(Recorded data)
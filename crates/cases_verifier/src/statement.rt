//! What is kept from one case to the next: what is stated, tables with what both sides share of them, and the numbers of a proof.
ghost use Rattle.std.specs.Prelude.{◌≤◌, All};

use crate::reading::{Case, elements};
use crate::settings::small_config;
use crate::writing::bad_case;
use air_tables::{SwapAir, WheelAir};
use batch_config::Settings;
use batch_setup::ProverData;
use batch_statement::SharedData;
use blake3_prime::Blake3Air;
use commit_core::{CosetPcs, Pcs, PolynomialSpace, UnivariateStarkPcs};
use law_soundness::PlainConfig;
use p3_challenger::{CanObserve, CanSample, GrindingChallenger};
use p3_dft::TwoAdicSubgroupDft;
use p3_field::{BabyBear, ExtensionField, Mem};
use p3_uni_stark::TranscriptVersion;
use plain_pcs::{PlainCommitment, PlainPcs};
use std::alloc::Global;
use tool_statement::tool_config;
use tool_tables::{ToolAir, WordsAir, tables_send_one_width};

/// What both sides share over the plain scheme.
pub type Common = SharedData<BabyBear, PlainCommitment<BabyBear>>;

/// What is stated.
#[derive(Drop)]
pub struct Stated {
    /// The tables.
    pub airs: Vec<ToolAir<BabyBear>>,
    /// Their public values.
    pub publics: Vec<Vec<BabyBear>>,
    /// What both sides share of them.
    pub common: Common,
}

/// What is kept from one case to the next.
#[derive(Drop)]
pub struct Kept {
    /// What is stated.
    pub stated: Stated,
    /// The numbers of this statement in a proof file.
    pub statement: Vec<u64>,
    /// The numbers of a proof.
    pub numbers: Vec<u64>,
}

/// The table of this kind, by the number that it has in a proof file, and of 2^`log_rows` rows.
pub fn air_of(alloc: Global, kind: u64, log_rows: u64) -> Mem<Option<ToolAir<BabyBear>>> {
    match kind {
        1 => Ok(Some(ToolAir::Swap(SwapAir))),
        2 if log_rows <= 10 => {
            let wheel = WheelAir::new(alloc, log_rows as usize)?;
            Ok(Some(ToolAir::Wheel(wheel)))
        }
        3 => Ok(Some(ToolAir::Words(WordsAir::Take))),
        4 => Ok(Some(ToolAir::Words(WordsAir::Give))),
        5 => Ok(Some(ToolAir::Hash(Blake3Air {}))),
        _ => Ok(None),
    }
}

// What both sides share of tables with these degree bits; None where a table doesn't fit its own.
fn shared<D, E, C>(
    alloc: Global,
    config: &PlainConfig<BabyBear, D, E, C>,
    airs: &[ToolAir<BabyBear>],
    degree_bits: &[usize],
) -> Option<Common>
where
    D: TwoAdicSubgroupDft<BabyBear>,
    E: ExtensionField<BabyBear>,
    C: Copy
        + CanObserve<E>
        + CanSample<E>
        + CanSample<BabyBear>
        + GrindingChallenger<Witness = BabyBear>
        + CanObserve<PlainCommitment<BabyBear>>,
    requires blowup { config.now.pcs.log_blowup ≤ 2 }
    requires bits { All (λ b. b ≤ 20) degree_bits.now }
{
    tables_send_one_width::<BabyBear>();
    match ProverData::<PlainConfig<BabyBear, D, E, C>>::from_airs_and_degrees(
        alloc,
        config,
        airs,
        degree_bits,
    ) {
        Ok(made) => Some(made.common),
        Err(_) => None,
    }
}

// What is stated of tables over a configuration: of each its kind, the logarithm of its rows' number, and its public values.
fn tables_stated(alloc: Global, name: &str, tables: &[Vec<u64>]) -> Mem<Option<Stated>> {
    let mut airs = Vec::new(alloc);
    let mut publics = Vec::new(alloc);
    let mut degree_bits = Vec::new(alloc);
    for table in tables {
        let [kind, log_rows, values @ ..] = table.as_slice() else {
            return Ok(None);
        };
        let Some(air) = air_of(alloc, *kind, *log_rows)? else {
            return Ok(None);
        };
        airs.push(air)?;
        degree_bits.push(*log_rows as usize)?;
        publics.push(elements(alloc, values)?)?;
    }
    if !degree_bits.iter().all(|bits| *bits <= 20) {
        return Ok(None);
    }
    let shared = match name {
        "tool" => shared(
            alloc,
            &tool_config(TranscriptVersion::V1),
            &airs,
            &degree_bits,
        ),
        _ => shared(alloc, &small_config(0), &airs, &degree_bits),
    };
    let Some(common) = shared else {
        return Ok(None);
    };
    Ok(Some(Stated {
        airs,
        publics,
        common,
    }))
}

// The numbers of a statement in a proof file: how many tables there are, and those of each.
fn tables_numbers(alloc: Global, tables: &[Vec<u64>]) -> Mem<Vec<u64>> {
    let mut numbers = vec![in alloc; tables.len() as u64]?;
    for table in tables {
        numbers.extend_from_slice(table)?;
    }
    Ok(numbers)
}

// Gives a table's preprocessed trace other degree bits, and answers those that it was committed for.
fn set_degree_bits(common: &mut Common, table: usize, degree_bits: usize) -> Option<usize> {
    let traces = common.preprocessed.as_mut()?;
    let entry = traces.instances.get_mut(table)?.as_mut()?;
    let before = entry.degree_bits;
    entry.degree_bits = degree_bits;
    Some(before)
}

/// Takes over what a case states, and answers how many tables or numbers that is, or what stood in the place of a height.
pub fn keep(alloc: Global, kept: &mut Kept, case: &Case) -> Mem<String> {
    let [numbers, tables @ ..] = case.groups.as_slice() else {
        return bad_case(alloc);
    };
    let answer = match case.call {
        "tables" => {
            let Some(next) = tables_stated(alloc, case.name, tables)? else {
                return bad_case(alloc);
            };
            kept.stated = next;
            kept.statement = tables_numbers(alloc, tables)?;
            Some(tables.len())
        }
        "proof" => {
            kept.numbers = Vec::from_slice(alloc, numbers)?;
            Some(numbers.len())
        }
        _ => match numbers.as_slice() {
            [table, bits] => set_degree_bits(
                &mut kept.stated.common,
                *table as usize,
                *bits as usize,
            ),
            _ => None,
        },
    };
    match answer {
        Some(count) => format!(in alloc; "{count}"),
        None => bad_case(alloc),
    }
}
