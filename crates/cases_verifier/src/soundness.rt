//! How many challenges may be unlucky for a table, and which constraints the rows of a swap table break.

ghost use Rattle.std.specs.Prelude.{◌≡◌, ◌<◌, ◌^◌, IfOk};
ghost use Rattle.p3_lookup.specs.Written.{read_all};
ghost use Rattle.batch_constraints.specs.BatchTrees.{AreLookupsOf, layout_with};

use crate::reading::elements;
use crate::statement::air_of;
use crate::writing::bad_case;
use air_check::check_constraints;
use air_core::{Air, AirLayout, BaseAir, InteractionSymbolicBuilder};
use air_tables::SwapAir;
use batch_constraints::get_log_num_quotient_chunks;
use p3_field::{BabyBear, FieldCore, Mem, RingCore};
use p3_lookup::{LogUpGadget, Lookup, LookupProtocol, Lookups};
use p3_matrix::RowMajorMatrix;
use std::alloc::Global;

// The layout of a table with this many lookups.
fn with_lookups(layout: AirLayout, count: usize) -> AirLayout
    requires { count < 2 ^ 63 }
    ensures { result ≡ layout_with layout count }
{
    let (width, terminals) = if count == 0 { (0, 0) } else { (count + 1, 1) };
    AirLayout {
        permutation_width: width,
        num_permutation_challenges: count * 2,
        num_permutation_values: terminals,
        ..layout
    }
}

// All constraints of a table, recorded: its own and those of its lookups.
fn recorded<A: Air<BabyBear>>(
    alloc: Global,
    air: &A,
    lookups: &[Lookup<BabyBear>],
) -> Mem<InteractionSymbolicBuilder<BabyBear>>
    requires { AreLookupsOf (A.declaration air.now) (read_all lookups.now) }
{
    let layout = with_lookups(AirLayout::from_air::<BabyBear, A>(air), lookups.len());
    let mut builder = InteractionSymbolicBuilder::<BabyBear>::new(alloc, layout)?;
    LogUpGadget::new().eval_air_and_lookups(air, &mut builder, lookups)?;
    Ok(builder)
}

// How many alphas may be unlucky, the largest degree of the constraints, and how many zetas may be unlucky.
fn counts_of<A: Air<BabyBear>>(
    alloc: Global,
    air: &A,
    lookups: &[Lookup<BabyBear>],
    rows: usize,
) -> Mem<String>
    requires lookups { AreLookupsOf (A.declaration air.now) (read_all lookups.now) }
    requires rows { 0 < rows }
{
    let builder = recorded(alloc, air, lookups)?;
    let constraints = builder.constraint_layout(alloc)?.total_constraints();
    let mut periods = Vec::new(alloc);
    for column in air.periodic_columns() {
        periods.push(column.len())?;
    }
    let degree = builder.largest_poly_degree(rows, &periods)?;
    let layout = AirLayout::from_air::<BabyBear, A>(air);
    let gadget = LogUpGadget::new();
    let log_chunks = get_log_num_quotient_chunks(alloc, air, layout, rows, lookups, 0, &gadget)?;
    if log_chunks >= 32 {
        return bad_case(alloc);
    }
    let alphas = rows.checked_mul(constraints.saturating_sub(1)).unwrap_or(0);
    let points = rows.checked_mul((1usize << log_chunks) + 1).unwrap_or(0);
    let zetas = degree.max(points.saturating_sub(1));
    format!(in alloc; "{alphas} {degree} {zetas}")
}

// The lookups of a table.
fn lookups_of_air<A: Air<BabyBear>>(alloc: Global, air: &A) -> Mem<Lookups<BabyBear>>
    ensures { IfOk result (λ l. AreLookupsOf (A.declaration air.now) (read_all l)) }
{
    let own = Lookups::from_air(alloc, air)?;
    Ok(own)
}

/// Of a table of this kind with so many rows: how many alphas may be unlucky, the largest degree of the constraints, those of its lookups among
/// them, and how many zetas may be unlucky. By the calls that give the constraints, their degrees and the number of the quotient's chunks.
pub fn counts(alloc: Global, head: &[u64]) -> Mem<String> {
    let [kind, rows] = head else {
        return bad_case(alloc);
    };
    let rows = *rows as usize;
    let Some(air) = air_of(alloc, *kind, 0)? else {
        return bad_case(alloc);
    };
    if rows == 0 {
        return bad_case(alloc);
    }
    let lookups = lookups_of_air(alloc, &air)?;
    counts_of(alloc, &air, lookups.as_slice(), rows)
}

/// The text of what the check of a swap table's rows answers, which have these cells, with these public values; `met` where none is broken.
pub fn broken(alloc: Global, groups: &[Vec<u64>]) -> Mem<String> {
    let [_, cells, publics] = groups else {
        return bad_case(alloc);
    };
    let cells = elements::<BabyBear>(alloc, cells)?;
    let publics = elements::<BabyBear>(alloc, publics)?;
    if cells.len() % 2 != 0 || publics.len() != 3 {
        return bad_case(alloc);
    }
    let rows = RowMajorMatrix::new(cells, 2);
    if rows.height() == 0 {
        return bad_case(alloc);
    }
    match check_constraints(alloc, &SwapAir, &rows, None, &publics) {
        Ok(()) => String::from_str(alloc, "met"),
        Err(error) => format!(in alloc; "{error}"),
    }
}
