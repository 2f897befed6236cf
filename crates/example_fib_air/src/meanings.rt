//! What the constraints mean: a law as the contract of a function that computes nothing.
ghost use Rattle.example_fib_air.specs.Fib.{FibMeans, FibMeets};

use p3_field::{Field, FieldCore, RingCore};

/// Rows that meet the equations of [`crate::FibAir`] with the public values a and x, n of them, show that x is number n of the sequence that
/// starts with a and a (`means`); and the rows of the trace meet them with that number (`meets`).
pub fn fib_rows_mean<F: Field>()
    ensures means { FibMeans F.ring }
    ensures meets { FibMeets F.ring }
{}
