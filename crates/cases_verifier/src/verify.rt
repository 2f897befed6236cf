//! The verifier of a batch over four configurations.
ghost use Rattle.std.specs.Prelude.{◌≡◌, ◌<◌, ℕ, [], map, length, IsOk};
ghost use Rattle.std.specs.Prelude.{slice_index_or as get_or};
ghost use Rattle.air_tables.specs.Swap.{swap_trees};
ghost use Rattle.batch_statement.specs.Words.{bits_at};
ghost use Rattle.batch_statement.specs.Statement.{WellFormed, read_common, stated};
ghost use Rattle.law_soundness.specs.Meaning.{HoldUnlessUnlucky, IsAlphaUnlucky, IsZetaUnlucky};
ghost use Rattle.law_soundness.specs.Swapped.{EndsSwapped, swap_publics};

use crate::plain::Plain;
use crate::proofs::proof_of;
use crate::reading::quartics;
use crate::settings::{few_bits, fixed_config, small_config, zero_config};
use crate::statement::{Common, Stated};
use crate::writing::bad_case;
use air_core::{Air, BaseAir};
use batch_config::Settings;
use batch_statement::{BatchProof, BatchVerificationError, CommonData, SharedData};
use commit_core::{CosetPcs, Pcs, PolynomialSpace, UnivariateStarkPcs};
use law_soundness::{PlainConfig, accepted_holds, accepted_swaps_end};
use p3_challenger::{CanObserve, CanSample, CanSampleBits, GrindingChallenger};
use p3_dft::TwoAdicSubgroupDft;
use p3_field::{
    BabyBear, BasedVectorSpace, ExtensionField, Field, FieldCore, Mem, PrimeCharacteristicRing,
    PrimeCore64, PrimeField64, QuarticExtension, RingCore, TwoAdicCore, TwoAdicField,
};
use p3_uni_stark::{PcsError, StarkGenericConfig, TranscriptVersion};
use plain_pcs::{PlainCommitment, PlainPcs};
use std::alloc::Global;
use tool_proof_text::CommitmentText;
use tool_statement::tool_config;
use verifier_batch::verify_batch;

/// `verify_batch` over the plain scheme. Where it answers Ok, each constraint of each committed table is zero on each of its rows, or a drawn
/// challenge is unlucky (`holds`). Where no drawn challenge is, the third public value of each table with the constraints of a swap table is the
/// second where the table has one row, and else the first (`swaps`).
pub fn verified<F, D, E, C, A>(
    alloc: Global,
    config: &PlainConfig<F, D, E, C>,
    airs: &[A],
    proof: &BatchProof<PlainConfig<F, D, E, C>>,
    public_values: &[Vec<F>],
    common: &CommonData<PlainConfig<F, D, E, C>>,
) -> Result<(), BatchVerificationError<PcsError<PlainConfig<F, D, E, C>>>>
where
    F: TwoAdicField + PrimeField64,
    D: TwoAdicSubgroupDft<F>,
    E: ExtensionField<F>,
    C: Copy
        + CanObserve<E>
        + CanSample<E>
        + CanSample<F>
        + GrindingChallenger<Witness = F>
        + CanObserve<PlainCommitment<F>>,
    A: Air<F>,
    requires { WellFormed (map A.declaration airs.now) (read_common common.now) }
    ensures holds { let c = ⟦<PlainConfig<F, D, E, C> as Settings>⟧.setting config.now in
        let s = stated A.declaration A.trees airs.now public_values.now common.now in
        IsOk result → HoldUnlessUnlucky c config.now.pcs.log_blowup s proof.now }
    ensures swaps { let c = ⟦<PlainConfig<F, D, E, C> as Settings>⟧.setting config.now in
        let s = stated A.declaration A.trees airs.now public_values.now common.now in
        IsOk result → (IsAlphaUnlucky c config.now.pcs.log_blowup s proof.now → ⊥)
        → (IsZetaUnlucky c config.now.pcs.log_blowup s proof.now → ⊥)
        → (i : ℕ) (air : A) (a b x : F) → i < length airs.now
        → A.trees (get_or airs.now i air) ≡ swap_trees → get_or s.publics i [] ≡ swap_publics a b x
        → EndsSwapped (bits_at proof.now.degree_bits i) a b x }
{
    verify_batch(alloc, config, airs, proof, public_values, common)?;
    accepted_holds(config, airs, proof, public_values, common);
    accepted_swaps_end(config, airs, proof, public_values, common);
    Ok(())
}

// What the verifier says of a proof, if there is one: `accepted`, or the refusal's text.
fn said<D, E, C, A>(
    alloc: Global,
    config: &PlainConfig<BabyBear, D, E, C>,
    airs: &[A],
    publics: &[Vec<BabyBear>],
    common: &Common,
    proof: Option<BatchProof<PlainConfig<BabyBear, D, E, C>>>,
) -> Mem<String>
where
    D: TwoAdicSubgroupDft<BabyBear>,
    E: ExtensionField<BabyBear>,
    C: Copy
        + CanObserve<E>
        + CanSample<E>
        + CanSample<BabyBear>
        + GrindingChallenger<Witness = BabyBear>
        + CanObserve<PlainCommitment<BabyBear>>,
    A: Air<BabyBear>,
{
    let Some(proof) = proof else {
        return bad_case(alloc);
    };
    if !common.fits(alloc, airs)? {
        return String::from_str(alloc, "unfit data");
    }
    match verified(alloc, config, airs, &proof, publics, common) {
        Ok(()) => String::from_str(alloc, "accepted"),
        Err(error) => format!(in alloc; "{error}"),
    }
}

// What the verifier says over the smaller configuration, which grinds so many bits.
fn small<A: Air<BabyBear>>(
    alloc: Global,
    bits: u64,
    airs: &[A],
    publics: &[Vec<BabyBear>],
    common: &Common,
    numbers: &[u64],
) -> Mem<String> {
    let Some(bits) = few_bits(bits) else {
        return bad_case(alloc);
    };
    let proof = proof_of::<CommitmentText, BabyBear>(alloc, numbers)?;
    said(alloc, &small_config(bits), airs, publics, common, proof)
}

// What the verifier says of what is stated, where the challenges that it draws are these two.
fn fixed(alloc: Global, stated: &Stated, challenges: &[u64], numbers: &[u64]) -> Mem<String> {
    let challenges = quartics(alloc, challenges)?;
    let [alpha, zeta] = challenges.as_slice() else {
        return bad_case(alloc);
    };
    let proof = proof_of::<CommitmentText, QuarticExtension>(alloc, numbers)?;
    said(
        alloc,
        &fixed_config(*alpha, *zeta),
        &stated.airs,
        &stated.publics,
        &stated.common,
        proof,
    )
}

/// What the verifier says of what is stated, over the configuration of this name.
pub fn tables(
    alloc: Global,
    stated: &Stated,
    name: &str,
    head: &[u64],
    numbers: &[u64],
) -> Mem<String> {
    let (airs, publics, common) = (&stated.airs, &stated.publics, &stated.common);
    match name {
        "tool" => {
            let proof = proof_of::<CommitmentText, QuarticExtension>(alloc, numbers)?;
            said(
                alloc,
                &tool_config(TranscriptVersion::V1),
                airs,
                publics,
                common,
                proof,
            )
        }
        "zero" => {
            let proof = proof_of::<CommitmentText, QuarticExtension>(alloc, numbers)?;
            said(alloc, &zero_config(), airs, publics, common, proof)
        }
        "small" => small(alloc, 0, airs, publics, common, numbers),
        "fixed" => fixed(alloc, stated, head, numbers),
        _ => bad_case(alloc),
    }
}

/// What it says over the smaller configuration of a table of one column without constraints, which hints at a degree, and may declare a periodic
/// column of so many zeros.
pub fn column(alloc: Global, head: &[u64], numbers: &[u64]) -> Mem<String> {
    let [hint, bits, periods @ ..] = head else {
        return bad_case(alloc);
    };
    let mut periodic = Vec::new(alloc);
    for period in periods {
        periodic.push(vec![in alloc; BabyBear::ZERO; *period as usize]?)?;
    }
    let air = Plain {
        columns: 1,
        public_values: 0,
        hint: Some(*hint as usize),
        periodic,
    };
    let common = SharedData::empty(alloc, 1)?;
    small(alloc, *bits, &[air], &[Vec::new(alloc)], &common, numbers)
}
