//! The trace.
ghost use Rattle.std.specs.Prelude.{◌≡◌, ◌^◌, ◌≤◌, [], ◌∷◌, IfOk};
ghost use Rattle.p3_field.specs.BabyBear.{baby_bear_ring};
ghost use Rattle.example_fib_air.specs.Fib.{fib_rows};

use p3_field::{BabyBear, Mem, RingCore};
use p3_matrix::RowMajorMatrix;
use std::alloc::Global;

/// The trace of 2^`log_rows` rows, up to 2^10: row i has the numbers i and i + 1 of the sequence that starts with `start` and `start`. The only
/// error is running out of memory.
pub fn fib_trace(alloc: Global, start: BabyBear, log_rows: usize) -> Mem<RowMajorMatrix<BabyBear>>
    requires { log_rows ≤ 10 }
    ensures { IfOk result (λ m. m ≡ fib_rows baby_bear_ring start (2 ^ log_rows)) }
{
    let mut values = Vec::new(alloc);
    let mut left = start;
    let mut right = start;
    for _ in 0..1usize << log_rows {
        values.push(left)?;
        values.push(right)?;
        let next = left + right;
        left = right;
        right = next;
    }
    Ok(RowMajorMatrix::new(values, 2))
}

/// The public values: the start and the number. The only error is running out of memory.
pub fn fib_publics(alloc: Global, start: BabyBear, number: BabyBear) -> Mem<Vec<BabyBear>>
    ensures { IfOk result (λ v. v.items ≡ start ∷ number ∷ []) }
{
    Ok(Vec::from_array(alloc, [start, number])?)
}
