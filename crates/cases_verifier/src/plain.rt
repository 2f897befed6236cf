//! A table without constraints.
ghost use Rattle.std.proofs.Common.{rules};
ghost use Rattle.std.specs.Prelude.{◌≡◌, [], map};
ghost use Rattle.air_core.specs.Laws.Declared.{counts-none};
ghost use Rattle.cases_verifier.specs.Plain.{plain_declaration};

use air_core::{Air, BaseAir, InteractionBuilder};
use p3_field::{BabyBear, FieldCore, Mem};
use p3_matrix::RowMajorMatrix;
use std::alloc::Global;

/// Columns, public values and periodic columns, and neither constraints nor interactions.
#[derive(Drop)]
pub struct Plain {
    /// How many columns there are.
    pub columns: usize,
    /// How many public values there are.
    pub public_values: usize,
    /// The degree that is hinted at, if any.
    pub hint: Option<usize>,
    /// The periodic columns.
    pub periodic: Vec<Vec<BabyBear>>,
}

impl BaseAir<BabyBear> for Plain {
    ghost declaration = { λ a.
        plain_declaration a.columns a.public_values (map (λ c. c.items) a.periodic.items) a.hint };

    fn width(&self) -> usize {
        self.columns
    }

    fn preprocessed_trace(&self, _alloc: Global) -> Mem<Option<RowMajorMatrix<BabyBear>>> {
        Ok(None)
    }

    fn preprocessed_width(&self) -> usize {
        0
    }

    fn main_next_row_columns(&self) -> &[usize] {
        &[]
    }

    fn preprocessed_next_row_columns(&self) -> &[usize] {
        &[]
    }

    fn num_public_values(&self) -> usize {
        self.public_values
    }

    fn periodic_columns(&self) -> &[Vec<BabyBear>] {
        &self.periodic
    }

    fn num_constraints(&self) -> Option<usize> {
        None
    }

    fn max_constraint_degree(&self) -> Option<usize> {
        self.hint
    }

    fn assumes_boolean_trace(&self) -> bool {
        false
    }

    ghost has_columns = { Prim.search rules };

    ghost whole_rows = { λ _. Prim.search rules };

    ghost next_below = { λ _. Prim.search rules };

    ghost preprocessed_next_below = { λ _. Prim.search rules };
}

impl Air<BabyBear> for Plain {
    ghost trees = { λ _. [] };

    ghost interactions = { λ _. [] };

    fn eval<AB: InteractionBuilder<F = BabyBear>>(&self, _builder: &mut AB) -> Mem<()> {
        Ok(())
    }

    ghost counts = { λ _ n e. counts-none n 0 e };

    ghost trees_read = { λ _. Prim.search rules };

    ghost interactions_read = { λ _. Prim.search rules };
}
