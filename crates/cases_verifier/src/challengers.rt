//! A challenger whose challenges are known before anything is observed.
ghost use Rattle.std.specs.Prelude.{refl};
ghost use Rattle.std.proofs.lemmas.Nat.{pow_pos};

use p3_challenger::{CanObserve, CanSample, CanSampleBits, GrindingChallenger};
use p3_field::{BabyBear, QuarticExtension, RingCore};

/// Draws `next` once and `later` from then on, whatever it observes. Its bits are all zero, so each grinding value passes.
#[derive(Clone, Copy)]
pub struct FixedChallenger {
    /// The next challenge.
    pub next: QuarticExtension,
    /// Each one after it.
    pub later: QuarticExtension,
}

impl<T> CanObserve<T> for FixedChallenger {
    ghost observed = { λ s _. s };

    /// Nothing changes.
    fn observe(&mut self, _value: &T) {}
}

impl CanSample<QuarticExtension> for FixedChallenger {
    ghost drawn = { λ s. s.next };

    ghost after_draw = { λ s. record { next = s.later; later = s.later } };

    fn sample(&mut self) -> QuarticExtension {
        let drawn = self.next;
        self.next = self.later;
        drawn
    }
}

impl CanSample<BabyBear> for FixedChallenger {
    ghost drawn = { λ s. s.next.c0 };

    ghost after_draw = { λ s. s };

    /// The next challenge's constant coefficient, and nothing changes.
    fn sample(&mut self) -> BabyBear {
        self.next.c0
    }
}

impl CanSampleBits for FixedChallenger {
    ghost order = { 2013265921 };

    ghost bits_drawn = { λ _ _. 0 };

    ghost after_bits = { λ s _. s };

    fn sample_bits(&mut self, _bits: usize) -> usize {
        0
    }

    ghost bits_below = { λ s bits _. pow_pos bits };
}

impl GrindingChallenger for FixedChallenger {
    type Witness = BabyBear;

    fn check_witness(&mut self, bits: usize, value: BabyBear) -> bool {
        if bits == 0 {
            return true;
        }
        self.observe(&value);
        self.sample_bits(bits) == 0
    }

    /// Zero, which passes as each element does.
    fn grind(&mut self, bits: usize) -> Option<BabyBear> {
        let least = BabyBear::ZERO;
        if self.check_witness(bits, least) {
            Some(least)
        } else {
            None
        }
    }

    ghost same_order = { refl };
}
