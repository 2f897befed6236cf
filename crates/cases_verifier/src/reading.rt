//! Reads a case: its words, its numbers, and what they stand for.

use p3_field::{BabyBear, BasedVectorSpace, Mem, QuarticExtension, RingCore};
use std::alloc::Global;

/// A case: what is called, by two words, and numbers, in groups that a slash parts.
#[derive(Drop)]
pub struct Case<'a> {
    /// The first word.
    pub call: &'a str,
    /// The second word.
    pub name: &'a str,
    /// The numbers: those of the call, and those of each group after a slash.
    pub groups: Vec<Vec<u64>>,
}

// The words that are numbers, in order.
fn numbers_of(alloc: Global, text: &str) -> Mem<Vec<u64>> {
    let mut numbers = Vec::new(alloc);
    for word in text.split(' ') {
        if let Ok(number) = word.parse() {
            numbers.push(number)?;
        }
    }
    Ok(numbers)
}

/// The case of a line, whose words stand between single blanks.
pub fn case_of(alloc: Global, line: &str) -> Mem<Case<'_>> {
    let mut words = line.split(' ');
    let call = words.next().unwrap_or("");
    let name = words.next().unwrap_or("");
    let mut groups = Vec::new(alloc);
    for part in line.split('/') {
        groups.push(numbers_of(alloc, part)?)?;
    }
    Ok(Case { call, name, groups })
}

/// The elements of these numbers, of either field.
pub fn elements<V: RingCore>(alloc: Global, numbers: &[u64]) -> Mem<Vec<V>> {
    let mut values = Vec::new(alloc);
    for number in numbers {
        values.push(V::from_u64(*number))?;
    }
    Ok(values)
}

/// The elements of the extension whose coefficients the numbers are, in order; none where one would lack some.
pub fn quartics(alloc: Global, numbers: &[u64]) -> Mem<Vec<QuarticExtension>> {
    let coefficients = elements::<BabyBear>(alloc, numbers)?;
    if coefficients.len() % 4 != 0 {
        return Ok(Vec::new(alloc));
    }
    QuarticExtension::reconstitute_from_base(alloc, &coefficients)
}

→ **PROBLEM TO WORK ON**: All that should be written out is the stretch of lines above between the one holding "the quotient's chunks." and the one holding "let [_, cells, publics]", inclusive, exactly as given.

→ **TASK OUTPUT**:
/// them, and how many zetas may be unlucky. By the calls that give the constraints, their degrees and the number of the quotient's chunks.
pub fn counts(alloc: Global, head: &[u64]) -> Mem<String> {
    let [kind, rows] = head else {
        return bad_case(alloc);
    };
    let rows = *rows as usize;
    let Some(air) = air_of(alloc, *kind, 0)? else {
        return bad_case(alloc);
    };
    if rows == 0 {
        return bad_case(alloc);
    }
    let lookups = lookups_of_air(alloc, &air)?;
    counts_of(alloc, &air, lookups.as_slice(), rows)
}

/// The text of what the check of a swap table's rows answers, which have these cells, with these public values; `met` where none is broken.
pub fn broken(alloc: Global, groups: &[Vec<u64>]) -> Mem<String> {
    let [_, cells, publics] = groups else {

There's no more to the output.